Non-invasive Environmental Monitoring of the Coniferous Forests Using Statistical Analysis and Data Modelling

Climate plays a pivotal role in construction of relationships between coniferous forest health and water balance for efficient biosynthesis under changing meteorological variables. Here we identify that the age of the forest (young <30 years old, and old >200 years old) confers an improved ecophysiology for the maintenance of water balance through the response of trees to weather conditions (precipitation, temperature and water balance in different seasons). Global climate change, of the rise in temperatures, has an impact on the environment of mountain ecosystems in the Alps. Subalpine forests enhance partitioning precipitation inputs, with interception processes in the tree canopy determining the stability of the proportion of water reaching the ground and its quantity in the form of evaporation. These processes support global improvements in forest ecosystems at the catchment scale, as interception is influenced by the structure and density of the tree canopy and the presence of epiphytes.
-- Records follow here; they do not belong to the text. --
//! Indexes by which bindings are looked up.

ghost use Rattle.std.specs.Prelude.{◌≡◌, OnOk};
ghost use Rattle.ui_machine.specs.State.Bindings as config;
ghost use Rattle.ui_machine.specs.State.Bindings.{listens, is_called, is_end};
ghost use Rattle.bindings.specs.Kept.{IsListed, IsNextAmong, IsPreviousAmong};

use crate::bound::Bound;
use crate::listing::Listing;
use crate::names::Names;
use std::alloc::{AllocError, Global};
use ui_machine::{ObjectId, Slot};

/// The numbers of bindings, listed by name, property and object.
#[derive(Debug, Drop)]
pub(crate) struct Listings {
    names: Names,
    /// Lists bindings by the object and slot of each property at which they listen.
    by_property: Listing,
    /// Lists bindings by each object that they have as an end. The second key is 0.
    by_end: Listing,
    /// Lists bindings by the number of their name. The second key is 0.
    by_name: Listing,
}

impl Listings {
    /// Creates empty indexes. Takes no memory.
    pub(crate) fn new(alloc: Global) -> Self {
        Listings {
            names: Names::new(alloc),
            by_property: Listing::new(alloc),
            by_end: Listing::new(alloc),
            by_name: Listing::new(alloc),
        }
    }

    /// Returns the first number, from `from` on, that is listed for bindings that listen at the property.
    pub(crate) fn next_listener(&self, object: ObjectId, slot: Slot, from: u64) -> Option<u64>
        ensures { IsNextAmong self.now (listens object.0 slot) from result }
    {
        self.by_property.from(object.0, u64::from(slot), from)
    }

    /// Returns the last number below `end` that is listed for bindings that listen at the property.
    pub(crate) fn listener(&self, object: ObjectId, slot: Slot, end: u64) -> Option<u64>
        ensures { IsPreviousAmong self.now (listens object.0 slot) end result }
    {
        self.by_property.before(object.0, u64::from(slot), end)
    }

    /// Returns the last number below `end` that is listed for bindings that have the object as an end.
    pub(crate) fn end_at(&self, object: ObjectId, end: u64) -> Option<u64>
        ensures { IsPreviousAmong self.now (is_end object.0) end result }
    {
        self.by_end.before(object.0, 0, end)
    }

    /// Returns the last number below `end` that is listed for bindings with this name.
    pub(crate) fn called(&self, name: &str, end: u64) -> Option<u64>
        ensures { IsPreviousAmong self.now (is_called name.now) end result }
    {
        let name = self.names.number(name)?;
        self.by_name.before(name, 0, end)
    }

    /// Lists a binding in all indexes, and stores in it the number under which its name is listed. Lists nothing on an error.
    pub(crate) fn add(&mut self, bound: &mut Bound) -> Result<(), AllocError>
        ensures same { bound.new ≡ bound.old }
        ensures listed { OnOk result (IsListed self.new bound.old) }
        ensures stays { (b : config.Binding) → (b.number ≡ bound.old.number → ⊥) → IsListed self.old b → IsListed self.new b }
    {
        let added = self.add_all(bound);
        if added.is_err() {
            self.remove(bound);
        }
        added
    }

    // Lists a binding in all indexes. If memory is refused, it remains listed in some of them.
    fn add_all(&mut self, bound: &mut Bound) -> Result<(), AllocError>
        ensures same { bound.new ≡ bound.old }
        ensures listed { OnOk result (IsListed self.new bound.old) }
        ensures stays { (b : config.Binding) → IsListed self.old b → IsListed self.new b }
    {
        let number = bound.number();
        let (source, source_slot) = bound.source();
        let (target, target_slot) = bound.target();
        self.by_end.add(source, 0, number)?;
        self.by_end.add(target, 0, number)?;
        self.by_property.add(source, source_slot, number)?;
        if bound.is_bidirectional() {
            self.by_property.add(target, target_slot, number)?;
        }
        if let Some(name) = bound.name() {
            let name = self.names.add(name)?;
            bound.list_name(name);
            self.by_name.add(name, 0, number)?;
        }
        Ok(())
    }

    /// Removes a binding from all indexes.
    pub(crate) fn remove(&mut self, bound: &Bound)
        ensures { (b : config.Binding) → (b.number ≡ bound.now.number → ⊥) → IsListed self.old b → IsListed self.new b }
    {
        let number = bound.number();
        let (source, source_slot) = bound.source();
        let (target, target_slot) = bound.target();
        self.by_end.remove(source, 0, number);
        self.by_end.remove(target, 0, number);
        self.by_property.remove(source, source_slot, number);
        self.by_property.remove(target, target_slot, number);
        if let Some(name) = bound.name_number() {
            self.by_name.remove(name, 0, number);
        }
    }
}
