//! Lists of transfers that are kept and reused from notification to notification.

ghost use Rattle.std.specs.Prelude.{◌≡◌, [], OnOk};

use crate::binding::Binding;
use crate::due::DueTransfer;
use crate::flags::BindingFlags;
use bitflags::Flags;
use std::alloc::{AllocError, Global};
use std::collections::BTreeMap;
use std::marker::Model;
use std::mem;
use ui_machine::{ObjectId, Slot};

// The list of a property, which is empty while a notification has it, and the number of bindings made that listen at the property.
#[derive(Debug, Drop)]
struct SpareList {
    listeners: usize,
    transfers: Vec<DueTransfer>,
}

impl SpareList {
    // Reserves room for the transfer of one more binding.
    fn add_listener(&mut self) -> Result<(), AllocError> {
        self.listeners = self.listeners.saturating_add(1);
        if self.transfers.capacity() < self.listeners {
            self.transfers.clear();
            self.transfers.reserve(self.listeners)?;
        }
        Ok(())
    }
}

/// For each property at which bindings listen, a list with room for the transfers of all of them. A contract sees nothing of the lists.
///
/// A notification takes the list of its property and gives it back. While one notification has it, another one of the same property finds
/// none.
#[derive(Debug, Drop)]
pub(crate) struct SpareLists {
    by_property: BTreeMap<(u64, Slot), SpareList>,
}

impl Model for SpareLists {
    ghost use Rattle.std.specs.Prelude.{⊤};

    ghost Value = { ⊤ };

    ghost view = { λ s. tt };
}

impl SpareLists {
    /// Creates a collection without lists. Takes no memory.
    pub(crate) fn new(alloc: Global) -> Self {
        SpareLists {
            by_property: BTreeMap::new(alloc),
        }
    }

    /// Reserves room for the transfers of a binding at each property at which it is to listen.
    ///
    /// # Errors
    ///
    /// `AllocError` if memory is refused.
    pub(crate) fn add(&mut self, alloc: Global, binding: &Binding) -> Result<(), AllocError> {
        self.add_listener(alloc, binding.source, binding.source_slot)?;
        if binding.flags.contains(BindingFlags::BIDIRECTIONAL) {
            self.add_listener(alloc, binding.target, binding.target_slot)?;
        }
        Ok(())
    }

    // Reserves room for the transfer of one more binding at a property.
    fn add_listener(
        &mut self,
        alloc: Global,
        object: ObjectId,
        slot: Slot,
    ) -> Result<(), AllocError> {
        if let Some(list) = self.by_property.get_mut(&(object.0, slot)) {
            return list.add_listener();
        }
        let mut list = SpareList {
            listeners: 0,
            transfers: Vec::new(alloc),
        };
        list.add_listener()?;
        self.by_property.insert((object.0, slot), list)?;
        Ok(())
    }

    /// Takes the list of a property, which is empty. It has room for all transfers that may be due, unless a notification of the property
    /// has it already.
    pub(crate) fn take(&mut self, alloc: Global, object: ObjectId, slot: Slot) -> Vec<DueTransfer>
        ensures { result.items ≡ [] }
    {
        let Some(list) = self.by_property.get_mut(&(object.0, slot)) else {
            return Vec::new(alloc);
        };
        let mut transfers = mem::replace(&mut list.transfers, Vec::new(alloc));
        transfers.clear();
        transfers
    }

    /// Gives back the list of a property.
    pub(crate) fn give_back(&mut self, object: ObjectId, slot: Slot, transfers: Vec<DueTransfer>) {
        if let Some(list) = self.by_property.get_mut(&(object.0, slot)) {
            list.transfers = transfers;
        }
    }
}
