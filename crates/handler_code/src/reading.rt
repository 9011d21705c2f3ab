//! Reads programs from JSON.
//!
//! A program is read in three steps. First comes the outline, which is all but the instructions: the name, the kinds of the parameters and
//! registers, the number of registers and the kind of the result. Then come the instructions, each an array of a word and its operands. The
//! shape of the blocks is tested last: which block leads where, and whether any limit is exceeded.

mod code;
mod instructions;
mod jump_rows;
mod kind_words;
mod names;
mod object_rows;
mod operand_lists;
mod operand_shapes;
mod operand_words;
mod outline;
mod outline_parts;
mod outlines;
mod programs;
mod register_kinds;
mod register_rows;
mod scope;
mod signal_rows;
mod source_rows;

pub use instructions::read_instruction;
pub use names::Names;
pub use outlines::check_outline;
pub use programs::{read_json_program, read_program};
pub use scope::Scope;
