//! The bindings that were made under rising numbers.

ghost use Rattle.std.specs.Prelude.{◌≡◌, ◌+◌, ◌-◌, ◌^◌, ◌<◌, [], ◌∷◌, ◌++◌, All, false, map, not, nat_eq, OnOk, OnErr, option_map, count_by, length};
ghost use Rattle.std.specs.List.{filter, find};
ghost use Rattle.ui_machine.specs.State.Bindings.{binding_of, is_called, is_end, bindings_without, bindings_without_end, listens, transfers, with_busy};
ghost use Rattle.bindings.specs.Due.{due_of, entry_of};
ghost use Rattle.bindings.specs.Kept.{IsNextOf, IsPreviousOf, Numbered, is_numbered};
ghost use Rattle.bindings.specs.Made.{without_number};

use crate::binding::Binding;
use crate::bound::Bound;
use crate::due::{DueTransfer, DueTransfers};
use crate::listings::Listings;
use std::alloc::{AllocError, Global};
use std::collections::BTreeMap;
use std::marker::Model;
use ui_machine::{ObjectId, Slot};

/// Bindings with rising numbers.
///
/// Changing a binding, and finding those that listen at a property, end at an object or have a name, takes time logarithmic in the number
/// of bindings for each one found.
#[derive(Debug, Drop)]
pub(crate) struct Rising {
    bound: BTreeMap<u64, Bound>,
    listings: Listings,
}

impl Model for Rising {
    ghost use Rattle.std.specs.Prelude.{List};
    ghost use Rattle.std.specs.Map.{values_of};
    ghost use Rattle.ui_machine.specs.State.Bindings as config;

    ghost Value = { List config.Binding };

    ghost use Rattle.bindings.specs.Kept.{IsKept};

    ghost view = { λ b. values_of b.bound.entries };

    ghost invariant = { λ b. IsKept b.bound.entries b.listings };
}

impl Rising {
    ghost use Rattle.bindings.specs.Made as made;
    ghost use Rattle.bindings.specs.Made.{is_next};

    /// Creates a collection without bindings. Takes no memory.
    pub(crate) fn new(alloc: Global) -> Self
        ensures { result ≡ [] }
    {
        Rising {
            bound: BTreeMap::new(alloc),
            listings: Listings::new(alloc),
        }
    }

    /// Makes a binding under a number above all others.
    ///
    /// # Errors
    ///
    /// `AllocError` if memory is refused. Nothing has changed then.
    pub(crate) fn push(&mut self, number: u64, binding: Binding) -> Result<(), AllocError>
        requires above { All (λ b. b.number < number) self.old }
        requires few { number < 2 ^ 64 - 1 }
        ensures ok { OnOk result (self.new ≡ self.old ++ made.binding_of number false binding ∷ []) }
        ensures err { OnErr result (self.new ≡ self.old) }
    {
        let mut bound = Bound::new(number, binding);
        self.listings.add(&mut bound)?;
        let Err(refused) = self.bound.insert(number, bound) else {
            return Ok(());
        };
        let (_, bound) = refused.value;
        self.listings.remove(&bound);
        Err(AllocError)
    }

    /// Returns the binding with this number, unless it has ended.
    pub(crate) fn get(&self, number: u64) -> Option<&Bound>
        ensures { option_map (λ b. b.now) result ≡ binding_of number self.now }
    {
        self.bound.get(&number)
    }

    /// Marks the binding with this number as setting or not. Does nothing if it has ended.
    pub(crate) fn mark(&mut self, number: u64, setting: bool)
        ensures { self.new ≡ with_busy number setting self.old }
    {
        let Some(bound) = self.bound.get_mut(&number) else {
            return;
        };
        bound.mark(setting);
    }

    /// Ends the bindings that have the object as an end, and returns their number.
    pub(crate) fn end_of(&mut self, object: ObjectId) -> usize
        ensures count { result ≡ count_by (is_end object.0) self.old }
        ensures few { result < 2 ^ 63 }
        ensures left { self.new ≡ bindings_without_end object.0 self.old }
    {
        // For the proof: there are few bindings, and their numbers rise.
        let _ = self.len();
        let mut count = 0;
        let mut at = u64::MAX;
        'bindings: while let Some(number) = self.end_before(object, at) {
            count += self.end_numbered(number, object);
            at = number;
        }
        count
    }

    /// Ends the bindings with this name, and returns their number.
    pub(crate) fn unbind(&mut self, name: &str) -> usize
        ensures count { result ≡ count_by (is_called name.now) self.old }
        ensures few { result < 2 ^ 63 }
        ensures left { self.new ≡ bindings_without name.now self.old }
    {
        // For the proof: there are few bindings, and their numbers rise.
        let _ = self.len();
        let mut count = 0;
        let mut at = u64::MAX;
        'bindings: while let Some(number) = self.called_before(name, at) {
            count += self.unbind_numbered(number, name);
            at = number;
        }
        count
    }

    /// Puts the transfers that a notification is to make before those in `due`: the transfers of the bindings that listen at the property,
    /// in document order.
    ///
    /// # Errors
    ///
    /// `AllocError` if memory is refused.
    pub(crate) fn put_due(
        &self,
        due: &mut DueTransfers,
        object: ObjectId,
        slot: Slot,
    ) -> Result<(), AllocError>
        ensures { OnOk result (map entry_of due.new ≡ transfers object.0 slot self.now ++ map entry_of due.old) }
    {
        // For the proof: the numbers rise.
        let _ = self.len();
        let mut at = u64::MAX;
        'bindings: while let Some(number) = self.listener_before(object, slot, at) {
            if let Some(transfer) = self.due_numbered(number, object, slot) {
                due.put_first(transfer)?;
            }
            at = number;
        }
        Ok(())
    }

    /// Returns the first binding numbered `from` or above that listens at the property and is not setting.
    pub(crate) fn next_bound(&self, object: ObjectId, slot: Slot, from: u64) -> Option<&Bound>
        ensures { option_map (λ b. b.now) result ≡ find (is_next object.0 slot from) self.now }
    {
        // For the proof: the numbers rise.
        let _ = self.len();
        let mut at = from;
        'bindings: while let Some(number) = self.listener_from(object, slot, at) {
            if let Some(bound) = self.next_numbered(number, object, slot, from) {
                return Some(bound);
            }
            at = number.checked_add(1)?;
        }
        None
    }

    // Returns the number of bindings.
    fn len(&self) -> usize
        ensures count { result ≡ length self.now }
        ensures few { result < 2 ^ 63 }
        ensures rises { Numbered 0 self.now (2 ^ 64 - 1) }
    {
        self.bound.len()
    }

    // Returns the last number below `limit` that may be of a binding that listens at the property.
    fn listener_before(&self, object: ObjectId, slot: Slot, limit: u64) -> Option<u64>
        ensures { IsPreviousOf (listens object.0 slot) limit self.now result }
    {
        self.listings.listener(object, slot, limit)
    }

    // Returns the first number, from `from` on, that may be of a binding that listens at the property.
    fn listener_from(&self, object: ObjectId, slot: Slot, from: u64) -> Option<u64>
        ensures { IsNextOf (listens object.0 slot) from self.now result }
    {
        self.listings.next_listener(object, slot, from)
    }

    // Returns the last number below `limit` that may be of a binding that has the object as an end.
    fn end_before(&self, object: ObjectId, limit: u64) -> Option<u64>
        ensures { IsPreviousOf (is_end object.0) limit self.now result }
    {
        self.listings.end_at(object, limit)
    }

    // Returns the last number below `limit` that may be of a binding with this name.
    fn called_before(&self, name: &str, limit: u64) -> Option<u64>
        ensures { IsPreviousOf (is_called name.now) limit self.now result }
    {
        self.listings.called(name, limit)
    }

    // Returns the due transfer of the binding with this number, if it listens at the property.
    fn due_numbered(&self, number: u64, object: ObjectId, slot: Slot) -> Option<DueTransfer>
        ensures { result ≡ option_map (due_of object.0 slot) (find (is_numbered (listens object.0 slot) number) self.now) }
    {
        // For the proof: the numbers rise.
        let _ = self.len();
        let bound = self.get(number)?;
        if bound.listens(object, slot) {
            Some(bound.due(object, slot))
        } else {
            None
        }
    }

    // Returns the binding with this number if it is numbered `from` or above, listens at the property and is not setting.
    fn next_numbered(&self, number: u64, object: ObjectId, slot: Slot, from: u64) -> Option<&Bound>
        ensures { option_map (λ b. b.now) result
            ≡ find (is_numbered (is_next object.0 slot from) number) self.now }
    {
        // For the proof: the numbers rise.
        let _ = self.len();
        let bound = self.get(number)?;
        if bound.is_next(object, slot, from) {
            Some(bound)
        } else {
            None
        }
    }

    // Ends the binding with this number if it has the object as an end. Returns how many were ended, 0 or 1.
    fn end_numbered(&mut self, number: u64, object: ObjectId) -> usize
        ensures count { result ≡ count_by (is_numbered (is_end object.0) number) self.old }
        ensures left { self.new ≡ filter (λ b. not (is_numbered (is_end object.0) number b)) self.old }
    {
        // For the proof: the numbers rise.
        let _ = self.len();
        let Some(bound) = self.get(number) else {
            return 0;
        };
        if !bound.is_end(object) {
            return 0;
        }
        self.remove(number);
        1
    }

    // Ends the binding with this number if it has this name. Returns how many were ended, 0 or 1.
    fn unbind_numbered(&mut self, number: u64, name: &str) -> usize
        ensures count { result ≡ count_by (is_numbered (is_called name.now) number) self.old }
        ensures left { self.new ≡ filter (λ b. not (is_numbered (is_called name.now) number b)) self.old }
    {
        // For the proof: the numbers rise.
        let _ = self.len();
        let Some(bound) = self.get(number) else {
            return 0;
        };
        if !bound.is_called(name) {
            return 0;
        }
        self.remove(number);
        1
    }

    /// Ends the binding with this number, if there is one.
    pub(crate) fn remove(&mut self, number: u64)
        ensures { self.new ≡ without_number number self.old }
    {
        let Some(bound) = self.bound.remove(&number) else {
            return;
        };
        self.listings.remove(&bound);
    }
}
This study revealed that coniferous forests (spruce, fir and pine) have a significant influence on how much water is retained and discharged in the soil and plants. Interception in dense subalpine forests can account for a significant proportion of precipitation. Data analysis using Python-based modeling revealed that forest age increases biosynthesis by enhancing water fluxes. This study highlights the significance of uncovering hidden climate-environment determinants leading to improved forest hydrology and ecophysiology to enhance the biosynthesis and water balance in coniferous forests of the Alps.